_Your objective_
Show all lines from the data that include the word "Grammar".

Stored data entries
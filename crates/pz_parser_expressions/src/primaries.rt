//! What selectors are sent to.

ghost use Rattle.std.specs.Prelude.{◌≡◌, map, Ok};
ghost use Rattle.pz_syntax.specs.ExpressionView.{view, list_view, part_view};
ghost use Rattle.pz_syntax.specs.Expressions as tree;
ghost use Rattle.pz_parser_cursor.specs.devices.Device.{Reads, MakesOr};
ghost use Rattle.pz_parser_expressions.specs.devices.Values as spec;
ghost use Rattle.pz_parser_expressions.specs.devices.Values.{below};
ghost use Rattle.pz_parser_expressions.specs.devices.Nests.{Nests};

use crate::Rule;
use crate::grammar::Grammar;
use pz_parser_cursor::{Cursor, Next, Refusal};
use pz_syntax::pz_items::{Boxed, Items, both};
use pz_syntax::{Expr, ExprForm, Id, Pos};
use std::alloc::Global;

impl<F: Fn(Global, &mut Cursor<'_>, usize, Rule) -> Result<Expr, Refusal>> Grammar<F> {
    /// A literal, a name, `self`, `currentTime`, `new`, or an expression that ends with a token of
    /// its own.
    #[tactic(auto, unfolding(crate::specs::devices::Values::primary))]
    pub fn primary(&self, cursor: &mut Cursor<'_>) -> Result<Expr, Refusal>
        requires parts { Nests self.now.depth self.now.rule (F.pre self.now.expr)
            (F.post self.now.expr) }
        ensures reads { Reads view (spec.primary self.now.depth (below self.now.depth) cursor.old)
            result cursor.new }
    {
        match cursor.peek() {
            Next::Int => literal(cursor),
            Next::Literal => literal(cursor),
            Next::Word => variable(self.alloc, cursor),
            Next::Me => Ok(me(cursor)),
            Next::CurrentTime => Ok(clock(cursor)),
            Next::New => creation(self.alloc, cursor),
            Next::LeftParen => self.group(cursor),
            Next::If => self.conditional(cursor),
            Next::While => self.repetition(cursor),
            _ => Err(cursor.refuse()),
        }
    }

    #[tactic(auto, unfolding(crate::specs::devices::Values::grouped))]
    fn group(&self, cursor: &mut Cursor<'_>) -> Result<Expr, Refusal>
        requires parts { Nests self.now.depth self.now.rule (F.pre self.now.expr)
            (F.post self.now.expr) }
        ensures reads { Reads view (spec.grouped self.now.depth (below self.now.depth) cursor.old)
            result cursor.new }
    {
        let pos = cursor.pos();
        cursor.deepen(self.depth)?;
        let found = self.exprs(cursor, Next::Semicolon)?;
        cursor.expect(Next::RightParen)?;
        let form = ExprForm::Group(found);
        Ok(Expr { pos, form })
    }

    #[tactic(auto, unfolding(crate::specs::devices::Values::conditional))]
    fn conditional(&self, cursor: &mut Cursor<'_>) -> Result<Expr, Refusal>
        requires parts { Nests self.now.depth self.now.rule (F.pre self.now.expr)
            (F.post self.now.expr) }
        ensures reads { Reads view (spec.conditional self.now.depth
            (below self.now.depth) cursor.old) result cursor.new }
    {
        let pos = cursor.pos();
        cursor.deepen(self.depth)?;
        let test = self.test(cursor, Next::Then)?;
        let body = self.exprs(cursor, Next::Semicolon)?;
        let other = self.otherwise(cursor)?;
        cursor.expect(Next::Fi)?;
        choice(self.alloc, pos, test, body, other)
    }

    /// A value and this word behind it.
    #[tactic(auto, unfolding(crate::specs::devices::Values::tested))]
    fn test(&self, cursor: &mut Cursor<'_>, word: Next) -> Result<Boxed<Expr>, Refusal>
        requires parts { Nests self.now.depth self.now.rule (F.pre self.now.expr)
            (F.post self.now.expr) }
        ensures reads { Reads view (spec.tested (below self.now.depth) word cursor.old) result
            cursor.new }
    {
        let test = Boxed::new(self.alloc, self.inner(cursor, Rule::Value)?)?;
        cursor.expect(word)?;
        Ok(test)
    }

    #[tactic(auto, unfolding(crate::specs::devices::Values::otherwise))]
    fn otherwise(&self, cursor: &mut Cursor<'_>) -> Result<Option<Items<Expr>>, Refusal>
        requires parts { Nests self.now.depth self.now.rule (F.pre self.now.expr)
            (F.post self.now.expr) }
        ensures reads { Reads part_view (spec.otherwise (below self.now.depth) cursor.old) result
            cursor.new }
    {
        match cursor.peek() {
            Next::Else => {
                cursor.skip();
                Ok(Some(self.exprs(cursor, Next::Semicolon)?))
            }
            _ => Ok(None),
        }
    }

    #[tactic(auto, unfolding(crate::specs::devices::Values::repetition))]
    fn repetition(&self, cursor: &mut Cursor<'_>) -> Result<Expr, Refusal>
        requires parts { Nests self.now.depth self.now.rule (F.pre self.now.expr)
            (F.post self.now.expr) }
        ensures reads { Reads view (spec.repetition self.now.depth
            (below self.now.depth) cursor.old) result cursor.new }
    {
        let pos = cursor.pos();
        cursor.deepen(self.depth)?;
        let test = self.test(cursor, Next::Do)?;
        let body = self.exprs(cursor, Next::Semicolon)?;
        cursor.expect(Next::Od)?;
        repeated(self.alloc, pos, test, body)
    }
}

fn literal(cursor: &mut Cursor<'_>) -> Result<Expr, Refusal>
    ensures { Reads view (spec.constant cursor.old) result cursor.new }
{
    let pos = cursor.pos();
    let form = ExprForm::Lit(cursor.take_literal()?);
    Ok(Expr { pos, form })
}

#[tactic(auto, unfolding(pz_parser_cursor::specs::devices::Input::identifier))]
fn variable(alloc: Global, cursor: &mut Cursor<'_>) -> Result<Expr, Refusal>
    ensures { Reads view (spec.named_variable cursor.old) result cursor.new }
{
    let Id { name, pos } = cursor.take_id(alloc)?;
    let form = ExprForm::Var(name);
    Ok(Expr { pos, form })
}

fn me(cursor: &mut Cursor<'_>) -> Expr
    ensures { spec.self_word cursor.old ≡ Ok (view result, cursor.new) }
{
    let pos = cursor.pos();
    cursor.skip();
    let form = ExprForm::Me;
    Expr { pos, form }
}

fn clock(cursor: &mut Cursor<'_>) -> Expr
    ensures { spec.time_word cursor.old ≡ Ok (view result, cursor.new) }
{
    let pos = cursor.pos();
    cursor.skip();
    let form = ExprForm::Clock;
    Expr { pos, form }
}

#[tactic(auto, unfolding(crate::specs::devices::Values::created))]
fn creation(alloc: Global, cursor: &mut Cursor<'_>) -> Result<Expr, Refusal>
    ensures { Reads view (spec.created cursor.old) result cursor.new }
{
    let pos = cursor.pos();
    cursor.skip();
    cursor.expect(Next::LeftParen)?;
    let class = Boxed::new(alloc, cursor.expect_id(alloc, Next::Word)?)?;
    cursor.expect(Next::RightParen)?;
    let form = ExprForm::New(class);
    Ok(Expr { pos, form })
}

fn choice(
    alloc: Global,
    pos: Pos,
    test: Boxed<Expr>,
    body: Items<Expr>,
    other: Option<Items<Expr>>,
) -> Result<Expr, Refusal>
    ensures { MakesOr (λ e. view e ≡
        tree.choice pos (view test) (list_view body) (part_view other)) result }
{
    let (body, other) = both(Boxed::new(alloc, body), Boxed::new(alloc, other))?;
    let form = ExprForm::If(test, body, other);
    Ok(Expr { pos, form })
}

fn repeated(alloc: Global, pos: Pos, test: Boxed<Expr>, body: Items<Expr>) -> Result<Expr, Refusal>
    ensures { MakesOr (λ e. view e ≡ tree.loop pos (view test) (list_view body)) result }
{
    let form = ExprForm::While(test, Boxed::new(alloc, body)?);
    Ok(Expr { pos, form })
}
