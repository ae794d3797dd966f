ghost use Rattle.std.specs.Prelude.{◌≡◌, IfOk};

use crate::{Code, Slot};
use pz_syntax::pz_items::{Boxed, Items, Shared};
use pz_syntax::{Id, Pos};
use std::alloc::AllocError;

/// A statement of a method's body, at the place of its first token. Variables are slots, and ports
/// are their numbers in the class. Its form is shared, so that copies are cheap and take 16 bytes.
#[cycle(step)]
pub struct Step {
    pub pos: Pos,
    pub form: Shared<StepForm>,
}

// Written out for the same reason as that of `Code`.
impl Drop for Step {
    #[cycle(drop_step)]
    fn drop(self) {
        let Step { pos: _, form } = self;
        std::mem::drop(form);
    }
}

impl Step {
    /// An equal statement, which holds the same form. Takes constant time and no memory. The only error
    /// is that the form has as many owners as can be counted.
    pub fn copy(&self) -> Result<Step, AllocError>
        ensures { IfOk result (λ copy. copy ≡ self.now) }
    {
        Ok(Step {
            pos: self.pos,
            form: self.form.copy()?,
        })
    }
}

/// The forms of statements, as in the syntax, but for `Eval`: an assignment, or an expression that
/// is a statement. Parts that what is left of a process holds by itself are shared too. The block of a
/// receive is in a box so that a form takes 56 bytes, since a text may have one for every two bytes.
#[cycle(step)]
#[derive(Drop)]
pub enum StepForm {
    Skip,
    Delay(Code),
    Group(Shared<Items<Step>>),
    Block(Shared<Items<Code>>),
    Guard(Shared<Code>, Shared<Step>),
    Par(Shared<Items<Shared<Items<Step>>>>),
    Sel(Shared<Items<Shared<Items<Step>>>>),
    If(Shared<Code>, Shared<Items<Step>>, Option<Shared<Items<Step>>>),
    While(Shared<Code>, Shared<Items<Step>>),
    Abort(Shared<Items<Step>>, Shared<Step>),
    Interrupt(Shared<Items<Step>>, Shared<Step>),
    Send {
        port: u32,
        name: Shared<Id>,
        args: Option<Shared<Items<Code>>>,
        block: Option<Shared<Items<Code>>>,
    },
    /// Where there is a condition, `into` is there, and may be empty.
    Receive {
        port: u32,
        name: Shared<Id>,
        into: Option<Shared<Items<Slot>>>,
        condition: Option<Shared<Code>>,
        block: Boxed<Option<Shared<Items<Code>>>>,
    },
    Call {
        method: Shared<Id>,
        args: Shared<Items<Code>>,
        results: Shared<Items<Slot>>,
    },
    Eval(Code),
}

_Solved exercise_
use crate::grammar::Grammar;
impl<F: Fn(Global, &mut Cursor<'_>, usize, Rule) -> Result<Expr, Refusal>> Grammar<F> {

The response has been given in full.